Stored data entries:
§ §

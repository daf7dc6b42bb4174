// The first line of a log that is refused whatever the plan.
ghost use Rattle.std.specs.Prelude.{◌+◌, ◌^◌, ◌<◌, ◌≤◌, IfOk};
ghost use Rattle.test_runner_core_log_reader.specs.Limits.{log_reads};
ghost use Rattle.test_runner_core_log_reader.specs.Items.{items};
ghost use Rattle.test_runner_core_log_reader.specs.Calls.{TellsFailure};
ghost use Rattle.test_runner_core.specs.Check.{FirstRefused, IsReading};
ghost use Rattle.test_runner_core.specs.Report.{OfLeft};

use crate::refused_line::{LineRefusal, RefusedLine, refusal_for, refused_at};
use std::alloc::Global;
use test_runner_core_line_syntax::{LentLine, SpellingError};
use test_runner_core_log_reader::{LogFault, LogLines, Next};
use test_runner_core_streams::LogReader;

/// The first line of a log that is refused whatever the plan; `None` where every line is empty or
/// spells an event. The log is that of the bytes that the reader has left; where these aren't
/// known, it is some log.
///
/// # Errors
///
/// `Read` where the reader fails, `Memory` where there is no memory for a line; what was read until
/// then is lost.
pub fn first_refused<R: LogReader>(
    alloc: Global,
    reader: &mut R,
) -> Result<Option<RefusedLine>, LogFault>
    requires calls_fit { R.calls reader.old < 2 ^ 62 }
    requires failures_fit { R.failures reader.old < 2 ^ 62 }
    ensures found { IfOk result
        (λ found. OfLeft (R.left reader.old) (λ log. FirstRefused 1 (items 0 log) found)) }
    ensures reads { R.calls reader.new ≤ R.calls reader.old + log_reads }
    ensures failures { TellsFailure result (R.failures reader.old) (R.failures reader.new)
        (R.last_failed reader.new) }
{
    let mut lines = LogLines::new(alloc);
    let mut number = 1;
    loop {
        match lines.next(reader)? {
            Next::Line => {}
            Next::Refused(fault) => return Ok(Some(refused_at(number, refusal_for(fault)))),
            Next::End => return Ok(None),
        }
        if let Some(refusal) = refusal_in(lines.line()) {
            return Ok(Some(refused_at(number, refusal)));
        }
        number += 1;
    }
}

// Why the bytes of a line are refused, if they are.
fn refusal_in(bytes: &[u8]) -> Option<LineRefusal>
    ensures { IsReading bytes.now result }
{
    match LentLine::parse(bytes) {
        Ok(_) => None,
        Err(SpellingError::NotUtf8) => Some(LineRefusal::NotUtf8),
        Err(SpellingError::BadLine) => Some(LineRefusal::BadLine),
    }
}
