// Matchers and predicates copied and compared.
ghost use Rattle.std.specs.Prelude.{◌≡◌};
ghost use Rattle.std.specs.Cmp.{partial_equiv_from_equiv};
ghost use Rattle.nextest_filtering_ast.specs.Same.{same_value, same_value_equiv};

use crate::leaf::ParsedLeaf;
use crate::matcher::NameMatcher;
use std::alloc::AllocError;

impl Clone for NameMatcher {
    ghost is_clone = { λ original copy. copy ≡ original };

    fn clone(&self) -> Result<NameMatcher, AllocError> {
        match self {
            NameMatcher::Equal { value, implicit } => Ok(NameMatcher::Equal {
                value: value.clone()?,
                implicit: *implicit,
            }),
            NameMatcher::Contains { value, implicit } => Ok(NameMatcher::Contains {
                value: value.clone()?,
                implicit: *implicit,
            }),
            NameMatcher::Glob { glob, implicit } => Ok(NameMatcher::Glob {
                glob: glob.clone()?,
                implicit: *implicit,
            }),
            NameMatcher::Regex(pattern) => Ok(NameMatcher::Regex(pattern.clone()?)),
        }
    }
}

// Two globs are the same whether or not they were written with their sign.
impl PartialEq for NameMatcher {
    ghost eq = { same_value };

    ghost laws = { partial_equiv_from_equiv same_value_equiv };

    fn eq(&self, other: &NameMatcher) -> bool {
        match (self, other) {
            (
                NameMatcher::Equal { value, implicit },
                NameMatcher::Equal {
                    value: other_value,
                    implicit: other_implicit,
                },
            ) => { *implicit == *other_implicit && *value == *other_value }
            (
                NameMatcher::Contains { value, implicit },
                NameMatcher::Contains {
                    value: other_value,
                    implicit: other_implicit,
                },
            ) => { *implicit == *other_implicit && *value == *other_value }
            (
                NameMatcher::Glob { glob, .. },
                NameMatcher::Glob {
                    glob: other_glob,
                    ..
                },
            ) => *glob == *other_glob,
            (NameMatcher::Regex(pattern), NameMatcher::Regex(other_pattern)) => pattern.as_str()
                == other_pattern.as_str(),
            _ => false,
        }
    }
}

impl Eq for NameMatcher {
    ghost laws = { same_value_equiv };
}

impl Clone for ParsedLeaf {
    ghost is_clone = { λ original copy. copy ≡ original };

    fn clone(&self) -> Result<ParsedLeaf, AllocError> {
        Ok(match self {
            ParsedLeaf::Package(matcher, span) => ParsedLeaf::Package(matcher.clone()?, *span),
            ParsedLeaf::Deps(matcher, span) => ParsedLeaf::Deps(matcher.clone()?, *span),
            ParsedLeaf::Rdeps(matcher, span) => ParsedLeaf::Rdeps(matcher.clone()?, *span),
            ParsedLeaf::Kind(matcher, span) => ParsedLeaf::Kind(matcher.clone()?, *span),
            ParsedLeaf::Binary(matcher, span) => ParsedLeaf::Binary(matcher.clone()?, *span),
            ParsedLeaf::BinaryId(matcher, span) => ParsedLeaf::BinaryId(matcher.clone()?, *span),
            ParsedLeaf::Platform(platform, span) => ParsedLeaf::Platform(*platform, *span),
            ParsedLeaf::Test(matcher, span) => ParsedLeaf::Test(matcher.clone()?, *span),
            ParsedLeaf::Group(matcher, span) => ParsedLeaf::Group(matcher.clone()?, *span),
            ParsedLeaf::Default(span) => ParsedLeaf::Default(*span),
            ParsedLeaf::All => ParsedLeaf::All,
            ParsedLeaf::None => ParsedLeaf::None,
        })
    }
}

§ §

WORK ORDER >> Every entry above must appear again in the reply, exactly as it stands.

WRITTEN REPLY >>
repository daf7dc6b42bb4174
// The first line of a log that is refused whatever the plan.
ghost use Rattle.std.specs.Prelude.{◌+◌, ◌^◌, ◌<◌, ◌≤◌, IfOk};
ghost use Rattle.test_runner_core_log_reader.specs.Limits.{log_reads};
ghost use Rattle.test_runner_core_log_reader.specs.Items.{items};
ghost use Rattle.test_runner_core_log_reader.specs.Calls.{TellsFailure};
ghost use Rattle.test_runner_core.specs.Check.{FirstRefused, IsReading};
ghost use Rattle.test_runner_core.specs.Report.{OfLeft};

use crate::refused_line::{LineRefusal, RefusedLine, refusal_for, refused_at};
use std::alloc::Global;
use test_runner_core_line_syntax::{LentLine, SpellingError};
use test_runner_core_log_reader::{LogFault, LogLines, Next};
use test_runner_core_streams::LogReader;

/// The first line of a log that is refused whatever the plan; `None` where every line is empty or
/// spells an event. The log is that of the bytes that the reader has left; where these aren't
/// known, it is some log.
///
/// # Errors
///
/// `Read` where the reader fails, `Memory` where there is no memory for a line; what was read until
/// then is lost.
pub fn first_refused<R: LogReader>(
    alloc: Global,
    reader: &mut R,
) -> Result<Option<RefusedLine>, LogFault>
    requires calls_fit { R.calls reader.old < 2 ^ 62 }
    requires failures_fit { R.failures reader.old < 2 ^ 62 }
    ensures found { IfOk result
        (λ found. OfLeft (R.left reader.old) (λ log. FirstRefused 1 (items 0 log) found)) }
    ensures reads { R.calls reader.new ≤ R.calls reader.old + log_reads }
    ensures failures { TellsFailure result (R.failures reader.old) (R.failures reader.new)
        (R.last_failed reader.new) }
{
    let mut lines = LogLines::new(alloc);
    let mut number = 1;
    loop {
        match lines.next(reader)? {
            Next::Line => {}
            Next::Refused(fault) => return Ok(Some(refused_at(number, refusal_for(fault)))),
            Next::End => return Ok(None),
        }
        if let Some(refusal) = refusal_in(lines.line()) {
            return Ok(Some(refused_at(number, refusal)));
        }
        number += 1;
    }
}

// Why the bytes of a line are refused, if they are.
fn refusal_in(bytes: &[u8]) -> Option<LineRefusal>
    ensures { IsReading bytes.now result }
{
    match LentLine::parse(bytes) {
        Ok(_) => None,
        Err(SpellingError::NotUtf8) => Some(LineRefusal::NotUtf8),
        Err(SpellingError::BadLine) => Some(LineRefusal::BadLine),
    }
}
// Matchers and predicates copied and compared.
ghost use Rattle.std.specs.Prelude.{◌≡◌};
ghost use Rattle.std.specs.Cmp.{partial_equiv_from_equiv};
ghost use Rattle.nextest_filtering_ast.specs.Same.{same_value, same_value_equiv};

use crate::leaf::ParsedLeaf;
use crate::matcher::NameMatcher;
use std::alloc::AllocError;

impl Clone for NameMatcher {
    ghost is_clone = { λ original copy. copy ≡ original };

    fn clone(&self) -> Result<NameMatcher, AllocError> {
        match self {
            NameMatcher::Equal { value, implicit } => Ok(NameMatcher::Equal {
                value: value.clone()?,
                implicit: *implicit,
            }),
            NameMatcher::Contains { value, implicit } => Ok(NameMatcher::Contains {
                value: value.clone()?,
                implicit: *implicit,
            }),
            NameMatcher::Glob { glob, implicit } => Ok(NameMatcher::Glob {
                glob: glob.clone()?,
                implicit: *implicit,
            }),
            NameMatcher::Regex(pattern) => Ok(NameMatcher::Regex(pattern.clone()?)),
        }
    }
}

// Two globs are the same whether or not they were written with their sign.
impl PartialEq for NameMatcher {
    ghost eq = { same_value };

    ghost laws = { partial_equiv_from_equiv same_value_equiv };

    fn eq(&self, other: &NameMatcher) -> bool {
        match (self, other) {
            (
                NameMatcher::Equal { value, implicit },
                NameMatcher::Equal {
                    value: other_value,
                    implicit: other_implicit,
                },
            ) => { *implicit == *other_implicit && *value == *other_value }
            (
                NameMatcher::Contains { value, implicit },
                NameMatcher::Contains {
                    value: other_value,
                    implicit: other_implicit,
                },
            ) => { *implicit == *other_implicit && *value == *other_value }
            (
                NameMatcher::Glob { glob, .. },
                NameMatcher::Glob {
                    glob: other_glob,
                    ..
                },
            ) => *glob == *other_glob,
            (NameMatcher::Regex(pattern), NameMatcher::Regex(other_pattern)) => pattern.as_str()
                == other_pattern.as_str(),
            _ => false,
        }
    }
}

impl Eq for NameMatcher {
    ghost laws = { same_value_equiv };
}

impl Clone for ParsedLeaf {
    ghost is_clone = { λ original copy. copy ≡ original };

    fn clone(&self) -> Result<ParsedLeaf, AllocError> {
        Ok(match self {
            ParsedLeaf::Package(matcher, span) => ParsedLeaf::Package(matcher.clone()?, *span),
            ParsedLeaf::Deps(matcher, span) => ParsedLeaf::Deps(matcher.clone()?, *span),
            ParsedLeaf::Rdeps(matcher, span) => ParsedLeaf::Rdeps(matcher.clone()?, *span),
            ParsedLeaf::Kind(matcher, span) => ParsedLeaf::Kind(matcher.clone()?, *span),
            ParsedLeaf::Binary(matcher, span) => ParsedLeaf::Binary(matcher.clone()?, *span),
            ParsedLeaf::BinaryId(matcher, span) => ParsedLeaf::BinaryId(matcher.clone()?, *span),
            ParsedLeaf::Platform(platform, span) => ParsedLeaf::Platform(*platform, *span),
            ParsedLeaf::Test(matcher, span) => ParsedLeaf::Test(matcher.clone()?, *span),
            ParsedLeaf::Group(matcher, span) => ParsedLeaf::Group(matcher.clone()?, *span),
            ParsedLeaf::Default(span) => ParsedLeaf::Default(*span),
            ParsedLeaf::All => ParsedLeaf::All,
            ParsedLeaf::None => ParsedLeaf::None,
        })
    }
}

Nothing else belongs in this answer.